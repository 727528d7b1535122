// The top call: one run of the checker.
ghost use Rattle.std.specs.Prelude.{◌≡◌, ◌≢◌, ◌↔◌, ◌⊎◌, None, IfOk, IfSome, IsErrOf};
ghost use Rattle.std.specs.Option.{option_copied};
ghost use Rattle.go_base.specs.Counters.{Rose};
ghost use Rattle.go_base.specs.Status.{IsReport};
ghost use Rattle.go_base.specs.Sink.{Adds, AddsPrefix};
ghost use Rattle.go_module.specs.Modules.Module.{module_view};
ghost use Rattle.go_model.specs.Outcomes.Walked.{NodesAreNumbered};
ghost use Rattle.go_command.specs.Headline.{IsRunText, WritesReport, WritesFront};
ghost use Rattle.go_command.specs.Runs.{IsFirst, IsWhole};
ghost use Rattle.go_command.specs.Words.{roots_of};

use crate::words::root_words;
use go_base::{NoMemory, Sink, SinkFault, Status, Steps, Tree, TreeFault, Word};
use go_check::check_module;
use go_load::{LoadFault, load};
use go_module::{Module, Placed};
use go_records::{first_text, refusal, report_text, verdict};
use std::alloc::Global;
use std::sync::ledger::Ledger;

/// Checks the module below the root that the words name, over the stubs below the other root that they name, if
/// they do, and writes its report to `out`.
///
/// Usage comes exactly where the words name no root; ReadFault only where the tree counted a fault
/// in this call, and WriteFault only where the sink did. Nothing is written before all is read.
pub fn gocheck<T: Tree, S: Sink, L: Ledger>(
    alloc: Global,
    words: &[Word],
    tree: &mut T,
    out: &mut S,
    steps: &mut Steps<L>,
) -> Status
    // The report of the tree's module is written whole, and the status is its verdict.
    ensures report { IsReport result → IfSome (roots_of words.now) (λ roots.
        WritesReport (T.files tree.old) roots result (S.taken out.old) (S.taken out.new)) }

    // Each other status has its cause, want of memory aside.
    ensures usage { (result ≡ Status.Usage) ↔ (roots_of words.now ≡ None) }
    ensures read_fault { result ≡ Status.ReadFault → Rose (T.faults tree.old) (T.faults tree.new) }
    ensures write_fault { result ≡ Status.WriteFault → Rose (S.faults out.old) (S.faults out.new) }
    ensures complete { roots_of words.now ≢ None → (Rose (T.faults tree.old) (T.faults tree.new) → ⊥) → (Rose (S.faults out.old) (S.faults out.new) → ⊥) → IsReport result ⊎ (result ≡ Status.NoMemory) }

    // A report comes only where no call failed.
    ensures same_tree { IsReport result → T.faults tree.new ≡ T.faults tree.old }
    ensures same_sink { IsReport result → S.faults out.new ≡ S.faults out.old }

    // What the other statuses leave in the sink.
    ensures nothing_on_usage { result ≡ Status.Usage → S.taken out.new ≡ S.taken out.old }
    ensures nothing_on_read_fault { result ≡ Status.ReadFault → S.taken out.new ≡ S.taken out.old }
    ensures front_on_write_fault { result ≡ Status.WriteFault → IfSome (roots_of words.now) (λ roots.
        WritesFront (T.files tree.old) roots (S.taken out.old) (S.taken out.new)) }
    ensures front_on_no_memory { result ≡ Status.NoMemory → IfSome (roots_of words.now) (λ roots.
        WritesFront (T.files tree.old) roots (S.taken out.old) (S.taken out.new)) }
{
    let Some((root, stubs)) = root_words(words) else {
        return Status::Usage;
    };
    match text_and_verdict(alloc, tree, root, stubs, steps) {
        Ok((text, verdict)) => put_report(&text, verdict, out),
        Err(TreeFault::Failed) => Status::ReadFault,
        Err(TreeFault::NoMemory) => Status::NoMemory,
    }
}

// The text of a run over two roots, and its status.
fn text_and_verdict<T: Tree, L: Ledger>(
    alloc: Global,
    tree: &mut T,
    root: &Word,
    stubs: Option<&Word>,
    steps: &mut Steps<L>,
) -> Result<(Vec<u8>, Status), TreeFault>
    ensures text { IfOk result (λ made.
        IsRunText (T.files tree.old) (record { root = root.now; stubs = option_copied stubs.entry }) made.0.items made.1) }
    ensures cause { IsErrOf result TreeFault.Failed → Rose (T.faults tree.old) (T.faults tree.new) }
    ensures stays { (IsErrOf result TreeFault.Failed → ⊥) → T.faults tree.new ≡ T.faults tree.old }
{
    match load(alloc, tree, root, stubs) {
        Ok(module) => Ok(whole(alloc, module, steps)?),
        Err(LoadFault::Broken(list)) => Ok(first(alloc, &list)?),
        Err(LoadFault::ReadFault) => Err(TreeFault::Failed),
        Err(LoadFault::NoMemory) => Err(TreeFault::NoMemory),
    }
}

// The text of the report of a module, and its verdict. The module is given back before its text is made.
fn whole<L: Ledger>(
    alloc: Global,
    module: Module,
    steps: &mut Steps<L>,
) -> Result<(Vec<u8>, Status), NoMemory>
    requires { NodesAreNumbered (module_view «module») }
    ensures { IfOk result (λ made. IsWhole (module_view «module») made.0.items made.1) }
{
    let report = check_module(alloc, &module, steps)?;
    drop(module);
    let text = report_text(alloc, &report)?;
    Ok((text, verdict(&report)))
}

// The text of rules that are broken before packages are checked, and its status.
fn first(alloc: Global, list: &[Placed]) -> Result<(Vec<u8>, Status), NoMemory>
    ensures { IfOk result (λ made. IsFirst list.now made.0.items made.1) }
{
    let text = first_text(alloc, list)?;
    Ok((text, refusal(list)))
}

// Hands the text of a report to the sink.
fn put_report<S: Sink>(text: &[u8], verdict: Status, out: &mut S) -> Status
    requires { IsReport verdict }
    ensures written { IsReport result → (result ≡ verdict) × Adds (S.taken out.old) (S.taken out.new) text.now }
    ensures no_usage { result ≢ Status.Usage }
    ensures no_read_fault { result ≢ Status.ReadFault }
    ensures write_fault { result ≡ Status.WriteFault → Rose (S.faults out.old) (S.faults out.new) }
    ensures same_sink { IsReport result → S.faults out.new ≡ S.faults out.old }
    ensures front { (IsReport result → ⊥) → AddsPrefix (S.taken out.old) (S.taken out.new) text.now }
{
    match out.put(text) {
        Ok(()) => verdict,
        Err(SinkFault::Failed) => Status::WriteFault,
        Err(SinkFault::NoMemory) => Status::NoMemory,
    }
}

> **YOUR OBJECTIVE**
Your answer must be the full listing, restated word for word.

> **ANSWER SECTION**
repository 727528d7b1535122
// The top call: one run of the checker.
ghost use Rattle.std.specs.Prelude.{◌≡◌, ◌≢◌, ◌↔◌, ◌⊎◌, None, IfOk, IfSome, IsErrOf};
ghost use Rattle.std.specs.Option.{option_copied};
ghost use Rattle.go_base.specs.Counters.{Rose};
ghost use Rattle.go_base.specs.Status.{IsReport};
ghost use Rattle.go_base.specs.Sink.{Adds, AddsPrefix};
ghost use Rattle.go_module.specs.Modules.Module.{module_view};
ghost use Rattle.go_model.specs.Outcomes.Walked.{NodesAreNumbered};
ghost use Rattle.go_command.specs.Headline.{IsRunText, WritesReport, WritesFront};
ghost use Rattle.go_command.specs.Runs.{IsFirst, IsWhole};
ghost use Rattle.go_command.specs.Words.{roots_of};

use crate::words::root_words;
use go_base::{NoMemory, Sink, SinkFault, Status, Steps, Tree, TreeFault, Word};
use go_check::check_module;
use go_load::{LoadFault, load};
use go_module::{Module, Placed};
use go_records::{first_text, refusal, report_text, verdict};
use std::alloc::Global;
use std::sync::ledger::Ledger;

/// Checks the module below the root that the words name, over the stubs below the other root that they name, if
/// they do, and writes its report to `out`.
///
/// Usage comes exactly where the words name no root; ReadFault only where the tree counted a fault
/// in this call, and WriteFault only where the sink did. Nothing is written before all is read.
pub fn gocheck<T: Tree, S: Sink, L: Ledger>(
    alloc: Global,
    words: &[Word],
    tree: &mut T,
    out: &mut S,
    steps: &mut Steps<L>,
) -> Status
    // The report of the tree's module is written whole, and the status is its verdict.
    ensures report { IsReport result → IfSome (roots_of words.now) (λ roots.
        WritesReport (T.files tree.old) roots result (S.taken out.old) (S.taken out.new)) }

    // Each other status has its cause, want of memory aside.
    ensures usage { (result ≡ Status.Usage) ↔ (roots_of words.now ≡ None) }
    ensures read_fault { result ≡ Status.ReadFault → Rose (T.faults tree.old) (T.faults tree.new) }
    ensures write_fault { result ≡ Status.WriteFault → Rose (S.faults out.old) (S.faults out.new) }
    ensures complete { roots_of words.now ≢ None → (Rose (T.faults tree.old) (T.faults tree.new) → ⊥) → (Rose (S.faults out.old) (S.faults out.new) → ⊥) → IsReport result ⊎ (result ≡ Status.NoMemory) }

    // A report comes only where no call failed.
    ensures same_tree { IsReport result → T.faults tree.new ≡ T.faults tree.old }
    ensures same_sink { IsReport result → S.faults out.new ≡ S.faults out.old }

    // What the other statuses leave in the sink.
    ensures nothing_on_usage { result ≡ Status.Usage → S.taken out.new ≡ S.taken out.old }
    ensures nothing_on_read_fault { result ≡ Status.ReadFault → S.taken out.new ≡ S.taken out.old }
    ensures front_on_write_fault { result ≡ Status.WriteFault → IfSome (roots_of words.now) (λ roots.
        WritesFront (T.files tree.old) roots (S.taken out.old) (S.taken out.new)) }
    ensures front_on_no_memory { result ≡ Status.NoMemory → IfSome (roots_of words.now) (λ roots.
        WritesFront (T.files tree.old) roots (S.taken out.old) (S.taken out.new)) }
{
    let Some((root, stubs)) = root_words(words) else {
        return Status::Usage;
    };
    match text_and_verdict(alloc, tree, root, stubs, steps) {
        Ok((text, verdict)) => put_report(&text, verdict, out),
        Err(TreeFault::Failed) => Status::ReadFault,
        Err(TreeFault::NoMemory) => Status::NoMemory,
    }
}

// The text of a run over two roots, and its status.
fn text_and_verdict<T: Tree, L: Ledger>(
    alloc: Global,
    tree: &mut T,
    root: &Word,
    stubs: Option<&Word>,
    steps: &mut Steps<L>,
) -> Result<(Vec<u8>, Status), TreeFault>
    ensures text { IfOk result (λ made.
        IsRunText (T.files tree.old) (record { root = root.now; stubs = option_copied stubs.entry }) made.0.items made.1) }
    ensures cause { IsErrOf result TreeFault.Failed → Rose (T.faults tree.old) (T.faults tree.new) }
    ensures stays { (IsErrOf result TreeFault.Failed → ⊥) → T.faults tree.new ≡ T.faults tree.old }
{
    match load(alloc, tree, root, stubs) {
        Ok(module) => Ok(whole(alloc, module, steps)?),
        Err(LoadFault::Broken(list)) => Ok(first(alloc, &list)?),
        Err(LoadFault::ReadFault) => Err(TreeFault::Failed),
        Err(LoadFault::NoMemory) => Err(TreeFault::NoMemory),
    }
}

// The text of the report of a module, and its verdict. The module is given back before its text is made.
fn whole<L: Ledger>(
    alloc: Global,
    module: Module,
    steps: &mut Steps<L>,
) -> Result<(Vec<u8>, Status), NoMemory>
    requires { NodesAreNumbered (module_view «module») }
    ensures { IfOk result (λ made. IsWhole (module_view «module») made.0.items made.1) }
{
    let report = check_module(alloc, &module, steps)?;
    drop(module);
    let text = report_text(alloc, &report)?;
    Ok((text, verdict(&report)))
}

// The text of rules that are broken before packages are checked, and its status.
fn first(alloc: Global, list: &[Placed]) -> Result<(Vec<u8>, Status), NoMemory>
    ensures { IfOk result (λ made. IsFirst list.now made.0.items made.1) }
{
    let text = first_text(alloc, list)?;
    Ok((text, refusal(list)))
}

// Hands the text of a report to the sink.
fn put_report<S: Sink>(text: &[u8], verdict: Status, out: &mut S) -> Status
    requires { IsReport verdict }
    ensures written { IsReport result → (result ≡ verdict) × Adds (S.taken out.old) (S.taken out.new) text.now }
    ensures no_usage { result ≢ Status.Usage }
    ensures no_read_fault { result ≢ Status.ReadFault }
    ensures write_fault { result ≡ Status.WriteFault → Rose (S.faults out.old) (S.faults out.new) }
    ensures same_sink { IsReport result → S.faults out.new ≡ S.faults out.old }
    ensures front { (IsReport result → ⊥) → AddsPrefix (S.taken out.old) (S.taken out.new) text.now }
{
    match out.put(text) {
        Ok(()) => verdict,
        Err(SinkFault::Failed) => Status::WriteFault,
        Err(SinkFault::NoMemory) => Status::NoMemory,
    }
}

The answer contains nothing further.